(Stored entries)
* * *

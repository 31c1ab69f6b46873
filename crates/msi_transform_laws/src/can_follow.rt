//! Records that can be carried out one after the other.

ghost use Rattle.msi_transform_laws.specs.CanFollow.{DifferencesCanFollow, RecordsCanFollow};

/// The records of what differs between the rows of a table can be carried out one after the other: what they remove or
/// change is there, and what they add isn't.
pub fn differences_can_follow()
    ensures { DifferencesCanFollow }
{}

/// So can the records of a table of a transform that is made, on the rows that the old package has of it.
pub fn records_can_follow()
    ensures { RecordsCanFollow }
{}
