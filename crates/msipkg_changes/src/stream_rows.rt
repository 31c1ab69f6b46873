//! Changes of the rows of `_Streams`, which are the streams of a package.

use crate::applied::{apply_rows, apply_statement, counted};
use crate::outcome::Carried;
use msipkg_packages::msi::{Package, Statement};
use msipkg_packages::output::{Failure, Opened, System};
use msipkg_queries::{Written, stream_files};
use msipkg_statements::stream_changes::{fill_from, streams_met};
use msipkg_statements::{
    Fitted, RowStream, STREAMS, explained, fitted_statement, listed_names, with_stream_lists,
};
use std::alloc::{AllocError, Global};
use std::collections::BTreeSet;

/// Carries out a statement on a list of the streams, and then removes the streams that aren't in it any more, and
/// stores those that got a file. A stream that is new in it has to have a file.
pub(crate) fn apply_streams(
    rt: &System,
    package: &mut Package<Opened>,
    statement: Statement,
    written: Written<'_>,
) -> Result<Carried, Failure> {
    if package.has_table(STREAMS) {
        return apply_rows(rt, package, statement, written);
    }
    let alloc = rt.alloc();
    let mut lists = with_stream_lists(alloc, package)?;
    let files = stream_files(alloc, written)?;
    let Fitted { statement, streams } = fitted_statement(
        alloc,
        &lists,
        statement,
        files.as_slice(),
    )?;
    let carried = counted(&lists, &statement);
    let streams = streams_met(alloc, &lists, &statement, streams);
    if let Err(failure) = apply_statement(&mut lists, statement) {
        return Err(explained(alloc, &lists, written, failure));
    }
    let listed = listed_names(alloc, &lists)?;
    remove_unlisted(alloc, package, &listed)?;
    store_files(rt, package, streams?.as_slice())?;
    check_stored(alloc, package, &listed)?;
    Ok(carried?)
}

fn remove_unlisted(
    alloc: Global,
    package: &mut Package<Opened>,
    listed: &BTreeSet<String>,
) -> Result<(), Failure> {
    for name in &unlisted_names(alloc, package, listed)? {
        package.remove_stream(name.as_str())?;
    }
    Ok(())
}

fn unlisted_names(
    alloc: Global,
    package: &Package<Opened>,
    listed: &BTreeSet<String>,
) -> Result<Vec<String>, Failure> {
    let mut names = Vec::new(alloc);
    for name in package.streams() {
        let name = name?;
        if !listed.contains(name.as_str()) {
            names.push(name)?;
        }
    }
    Ok(names)
}

/// Stores the files of rows. The name of such a row's stream has the list's name in front, which the stream itself
/// hasn't.
fn store_files(
    rt: &System,
    package: &mut Package<Opened>,
    streams: &[RowStream<'_>],
) -> Result<(), Failure> {
    for stream in streams {
        if let Some(name) = own_name(stream)
            && let Some(file) = stream.file()
        {
            fill_from(rt, package, name, file)?;
        }
    }
    Ok(())
}

fn own_name<'a>(stream: &'a RowStream<'_>) -> Option<&'a str> {
    stream.name().strip_prefix(STREAMS)?.strip_prefix('.')
}

/// Fails at the first name in the list that no stream has.
fn check_stored(
    alloc: Global,
    package: &Package<Opened>,
    listed: &BTreeSet<String>,
) -> Result<(), Failure> {
    for name in listed {
        if !package.has_stream(name.as_str()) {
            let failure = Failure::rule(
                "a new stream needs a file: write ? for Data, and --value-file",
            );
            return Err(failure.at(alloc, "stream", name.as_str()));
        }
    }
    Ok(())
}
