//! `add FILE NAME=PATH..` and `remove FILE NAME..`: streams of a package.

use msipkg_packages::msi::Package;
use msipkg_packages::output::{Failure, Opened, System};
use msipkg_statements::stream_changes::fill_from;
use std::alloc::Global;

/// Stores files as streams, each written as `NAME=PATH`. Fails at the first word that has no `=`, whose file can't be
/// read, or whose name no stream may have. Those in front of it are stored.
pub(crate) fn add_streams(
    rt: &System,
    package: &mut Package<Opened>,
    pairs: &[&str],
) -> Result<(), Failure> {
    for pair in pairs {
        add_pair(rt, package, pair)?;
    }
    Ok(())
}

fn add_pair(rt: &System, package: &mut Package<Opened>, pair: &str) -> Result<(), Failure> {
    let Some((name, path)) = pair.split_once('=') else {
        return Err(Failure::rule("it isn't of the form NAME=PATH").at(rt.alloc(), "word", pair));
    };
    fill_from(rt, package, name, path)
}

/// Removes streams of a package, and its digital signature if that is asked for. Fails if nothing is asked for, if the
/// package isn't signed, and at the first stream that doesn't exist. What is in front of it is removed.
pub(crate) fn remove_parts(
    alloc: Global,
    package: &mut Package<Opened>,
    names: &[&str],
    is_signature: bool,
) -> Result<(), Failure> {
    if is_signature {
        remove_signature(package)?;
    } else if names.is_empty() {
        return Err(Failure::rule("nothing is removed: name streams, or give --signature"));
    }
    remove_streams(alloc, package, names)
}

fn remove_signature(package: &mut Package<Opened>) -> Result<(), Failure> {
    if !package.has_digital_signature() {
        return Err(Failure::rule("it has no digital signature"));
    }
    Ok(package.remove_digital_signature()?)
}

/// Removes streams of a package. Fails at the first one that doesn't exist. Those in front of it are removed.
fn remove_streams(
    alloc: Global,
    package: &mut Package<Opened>,
    names: &[&str],
) -> Result<(), Failure> {
    for name in names {
        if let Err(error) = package.remove_stream(name) {
            return Err(Failure::from(error).at(alloc, "stream", name));
        }
    }
    Ok(())
}
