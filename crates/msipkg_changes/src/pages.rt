//! The code pages of a package that is changed: both become UTF-8 where that is asked for.

use crate::change::Manner;
use crate::outcome::Outcome;
use crate::recounting::{mend_first, noted};
use msipkg_packages::Purpose;
use msipkg_packages::msi::{CodePage, Error, Package};
use msipkg_packages::output::{Failure, Opened};

/// Sets the pages of a package to UTF-8, if it is opened to be written so. Counts that are too low for that are mended
/// first.
pub(crate) fn recode(
    package: &mut Package<Opened>,
    purpose: Purpose,
    manner: Manner,
    outcome: &mut Outcome,
) -> Result<(), Failure> {
    match purpose {
        Purpose::Look | Purpose::Change => Ok(()),
        Purpose::Recode | Purpose::RecodeSilently => set_pages(package, manner, outcome),
    }
}

fn set_pages(
    package: &mut Package<Opened>,
    manner: Manner,
    outcome: &mut Outcome,
) -> Result<(), Failure> {
    if !is_utf8(package.database_codepage()) {
        mend_first(package, manner, outcome);
        if let Err(error) = package.set_database_codepage(CodePage::Utf8) {
            return Err(noted(package, Failure::from(error)));
        }
    }
    Ok(set_summary_page(package)?)
}

fn set_summary_page(package: &mut Package<Opened>) -> Result<(), Error> {
    if is_utf8(package.summary_info().codepage()) {
        return Ok(());
    }
    package.summary_info_mut()?.set_codepage(CodePage::Utf8)
}

fn is_utf8(page: CodePage) -> bool {
    matches!(page, CodePage::Utf8)
}
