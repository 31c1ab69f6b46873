//! How `msipkg` makes packages and changes their files: by statements, by what `import` reads, by transforms, by
//! streams, properties and counts.
#![tactic(auto)]

mod applied;
pub mod change;
pub mod create;
mod describing;
mod emptying;
mod lost_texts;
mod outcome;
mod pages;
pub mod recounting;
pub mod script;
pub mod statements;
pub mod storing;
mod stream_rows;
mod streams;
pub mod transforming;

pub use change::{Change, Import, Manner, change_file, change_into};
pub use create::create_file;
pub use msipkg_import::Merging;
pub use recounting::mend_counts;
pub use script::read_script;
pub use statements::{PreparedStatement, prepare_statements};
pub use storing::Destination;
pub use transforming::Transforms;
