//! What is left once a transform that is made is applied.

ghost use Rattle.msi_transform_laws.specs.MadeApplied.{MadeTransformsAreApplied, TablesWithoutStreamsAreStored};

use msi_pool::laws::{given_back_takes_one, taken_places_hold_their_text};

/// Tables without streams can be stored, where texts are written in UTF-8.
pub fn tables_without_streams_are_stored()
    ensures { TablesWithoutStreamsAreStored }
{}

/// A transform that is made can be applied to the old package, where no table has streams and texts are written in
/// UTF-8: what is left stores the new package's columns and rows.
pub fn made_transforms_are_applied()
    ensures { MadeTransformsAreApplied }
{
    taken_places_hold_their_text();
    given_back_takes_one();
}
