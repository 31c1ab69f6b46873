//! Records that are read again.

ghost use Rattle.msi_transform_laws.specs.RecordsRead.{MadeRecordsAreRead, StoredRecordsAreRead};

/// Reading the records that were stored in a transform gives each its action and its values back.
pub fn stored_records_are_read()
    ensures { StoredRecordsAreRead }
{}

/// Reading the records of a transform that is made gives the records that it was made of.
pub fn made_records_are_read()
    ensures { MadeRecordsAreRead }
{}
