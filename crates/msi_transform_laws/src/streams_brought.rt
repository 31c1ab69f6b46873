//! The streams of a transform that is made.

ghost use Rattle.msi_transform_laws.specs.StreamsBrought.{MadeStreamsAreBrought};

/// Each record of a transform that is made that has a stream finds it there, under the name of its row's stream.
pub fn made_streams_are_brought()
    ensures { MadeStreamsAreBrought }
{}
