//! The streams of rows once a transform that is made is applied.

ghost use Rattle.msi_transform_laws.specs.StreamsAgree.{MadeStreamsAgree, SameColumnsStreamsAgree};

use msi_pool::laws::{given_back_takes_one, taken_places_hold_their_text};

/// Where a transform that is made is applied to the old package, and some table goes, comes or gets columns, no two
/// rows want different streams under one name.
pub fn made_streams_agree()
    ensures { MadeStreamsAgree }
{
    taken_places_hold_their_text();
    given_back_takes_one();
}

/// Where the tables of both packages have the same columns, no two rows want different streams under one name.
pub fn same_columns_streams_agree()
    ensures { SameColumnsStreamsAgree }
{
    taken_places_hold_their_text();
    given_back_takes_one();
}
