//! A package beside itself.

ghost use Rattle.msi_transform_laws.specs.SamePackages.{SamePackagesHaveNoRecords};

/// The transform of a package and itself has no records and no streams.
pub fn same_packages_have_no_records()
    ensures { SamePackagesHaveNoRecords }
{}
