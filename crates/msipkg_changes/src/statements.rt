//! `exec FILE TEXT..`: changes of a package's rows and tables as text.

use crate::applied::{apply_columns, apply_definition, apply_rows};
use crate::outcome::{Carried, Outcome};
use crate::stream_rows::apply_streams;
use msipkg_import::{VALIDATION, add_validation};
use msipkg_packages::msi::{Package, Statement};
use msipkg_packages::output::{Failure, Opened, System};
use msipkg_queries::{
    MarkValue, Written, changes_table, check_marks, mark_count, read_statement, sets_only,
};
use msipkg_statements::definition::{Definition, definition_of, is_definition};
use msipkg_statements::{STORAGES, STREAMS};
use std::alloc::{AllocError, Global};

/// How many characters of a statement a message has at most.
const MOST_SHOWN: usize = 200;

/// A statement that was read.
pub struct PreparedStatement<'a> {
    written: Written<'a>,
    work: Work<'a>,
}

/// Written out, so that a function that owns one calls one drop, and its proof doesn't go through those of the parts.
impl Drop for PreparedStatement<'_> {
    fn drop(self) {
        let PreparedStatement {
            written: _,
            work: _,
        } = self;
    }
}

/// What a statement asks for.
#[derive(Drop)]
enum Work<'a> {
    Rows(Statement),
    /// Rows of `_Validation`, which say more of columns.
    Columns(Statement),
    /// Rows of `_Streams`, which are the streams.
    Streams(Statement),
    Tables(Definition<'a>),
}

/// Reads statements: inserts, updates, deletes and changes of tables. The values take the places of their marks, in
/// order over all statements.
///
/// # Errors
/// Fails if there are more or fewer values than marks, at the first text that is no statement, and if memory is
/// refused.
pub fn prepare_statements<'a>(
    alloc: Global,
    texts: &[&'a str],
    values: &'a [MarkValue],
) -> Result<Vec<PreparedStatement<'a>>, Failure> {
    check_marks(alloc, mark_count_of(alloc, texts)?, values.len())?;
    let mut statements = Vec::with_capacity(alloc, texts.len())?;
    let mut left = values;
    for text in texts {
        let count = mark_count(alloc, text)?;
        let (values, others) = split_values(left, count);
        left = others;
        statements.push(prepared(alloc, Written { text, values })?)?;
    }
    Ok(statements)
}

/// Returns so many values, and the others.
fn split_values(values: &[MarkValue], count: usize) -> (&[MarkValue], &[MarkValue]) {
    match values.split_at_checked(count) {
        Some(parts) => parts,
        None => (values, &[]),
    }
}

/// Returns how many marks texts have.
fn mark_count_of(alloc: Global, texts: &[&str]) -> Result<usize, AllocError> {
    let mut count = 0usize;
    for text in texts {
        count = count.saturating_add(mark_count(alloc, text)?);
    }
    Ok(count)
}

fn prepared<'a>(alloc: Global, written: Written<'a>) -> Result<PreparedStatement<'a>, Failure> {
    match work_of(alloc, written) {
        Ok(work) => Ok(PreparedStatement { written, work }),
        Err(failure) => Err(at_statement(alloc, failure, written.text)),
    }
}

fn work_of<'a>(alloc: Global, written: Written<'a>) -> Result<Work<'a>, Failure> {
    if is_definition(alloc, written.text) {
        return Ok(Work::Tables(definition_of(alloc, written.text)?));
    }
    let statement = read_statement(alloc, written)?;
    if matches!(statement, Statement::Select(_)) {
        return Ok(Work::Rows(statement));
    }
    if changes_table(alloc, written, STORAGES)? {
        return Err(Failure::rule("storages aren't changed; _Storages can only be read"));
    }
    if changes_table(alloc, written, STREAMS)? {
        return Ok(Work::Streams(statement));
    }
    if describes(alloc, written)? {
        return Ok(Work::Columns(statement));
    }
    Ok(Work::Rows(statement))
}

/// Returns whether a statement changes what `_Validation` says of columns. The library itself takes their descriptions
/// alone.
fn describes(alloc: Global, written: Written<'_>) -> Result<bool, AllocError> {
    Ok(changes_table(alloc, written, VALIDATION)? && !sets_only(alloc, written, "Description")?)
}

/// Carries out statements in turn, and adds what each did. Fails at the first whose change is refused. Those in front
/// of it are carried out.
pub(crate) fn carry_out_statements(
    rt: &System,
    package: &mut Package<Opened>,
    statements: Vec<PreparedStatement<'_>>,
    outcome: &mut Outcome,
) -> Result<(), Failure> {
    for statement in statements {
        if matches!(statement.work, Work::Columns(_)) {
            outcome.note_anew();
        }
        outcome.add_carried(statement.carry_out(rt, package)?)?;
    }
    Ok(())
}

impl PreparedStatement<'_> {
    fn carry_out(self, rt: &System, package: &mut Package<Opened>) -> Result<Carried, Failure> {
        let PreparedStatement { written, work } = self;
        let alloc = rt.alloc();
        let carried = match work {
            Work::Rows(statement) => apply_rows(rt, package, statement, written),
            Work::Columns(statement) => apply_columns(rt, package, statement, written),
            Work::Streams(statement) => apply_streams(rt, package, statement, written),
            Work::Tables(definition) => apply_tables(alloc, package, definition),
        };
        match carried {
            Ok(carried) => Ok(carried),
            Err(failure) => Err(at_statement(alloc, failure, written.text)),
        }
    }
}

fn apply_tables(
    alloc: Global,
    package: &mut Package<Opened>,
    definition: Definition<'_>,
) -> Result<Carried, Failure> {
    if matches!(
        definition,
        Definition::Create { .. } | Definition::Add { .. }
    ) {
        add_validation(alloc, package)?;
    }
    apply_definition(alloc, package, definition)
}

fn at_statement(alloc: Global, failure: Failure, text: &str) -> Failure {
    match text.char_indices().nth(MOST_SHOWN) {
        Some((end, _)) => match format!(in alloc; "{}..", text.get(..end).unwrap_or("")) {
            Ok(start) => failure.at(alloc, "statement", start.as_str()),
            Err(_) => failure,
        },
        None => failure.at(alloc, "statement", text),
    }
}
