//! A table of the old package, changed by a transform that is made.

ghost use Rattle.msi_transform_laws.specs.TableChanged.{MadeTablesAreChanged};

use msi_pool::laws::{given_back_takes_one, taken_places_hold_their_text};

/// Applying the records of one table, the checks before them included, stores the table anew with the new package's
/// rows.
pub fn made_tables_are_changed()
    ensures { MadeTablesAreChanged }
{
    taken_places_hold_their_text();
    given_back_takes_one();
}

* * *

Action item:
Above are the records; from them, give again exactly the lines from the one containing "filename crates/msi_transform_laws/src/streams_brought.rt" through the one containing "package beside itself.", both included.

The answer:
filename crates/msi_transform_laws/src/streams_brought.rt
repository 31c1ab69f6b46873
//! The streams of a transform that is made.

ghost use Rattle.msi_transform_laws.specs.StreamsBrought.{MadeStreamsAreBrought};

/// Each record of a transform that is made that has a stream finds it there, under the name of its row's stream.
pub fn made_streams_are_brought()
    ensures { MadeStreamsAreBrought }
{}
//! The streams of rows once a transform that is made is applied.

ghost use Rattle.msi_transform_laws.specs.StreamsAgree.{MadeStreamsAgree, SameColumnsStreamsAgree};

use msi_pool::laws::{given_back_takes_one, taken_places_hold_their_text};

/// Where a transform that is made is applied to the old package, and some table goes, comes or gets columns, no two
/// rows want different streams under one name.
pub fn made_streams_agree()
    ensures { MadeStreamsAgree }
{
    taken_places_hold_their_text();
    given_back_takes_one();
}

/// Where the tables of both packages have the same columns, no two rows want different streams under one name.
pub fn same_columns_streams_agree()
    ensures { SameColumnsStreamsAgree }
{
    taken_places_hold_their_text();
    given_back_takes_one();
}
//! A package beside itself.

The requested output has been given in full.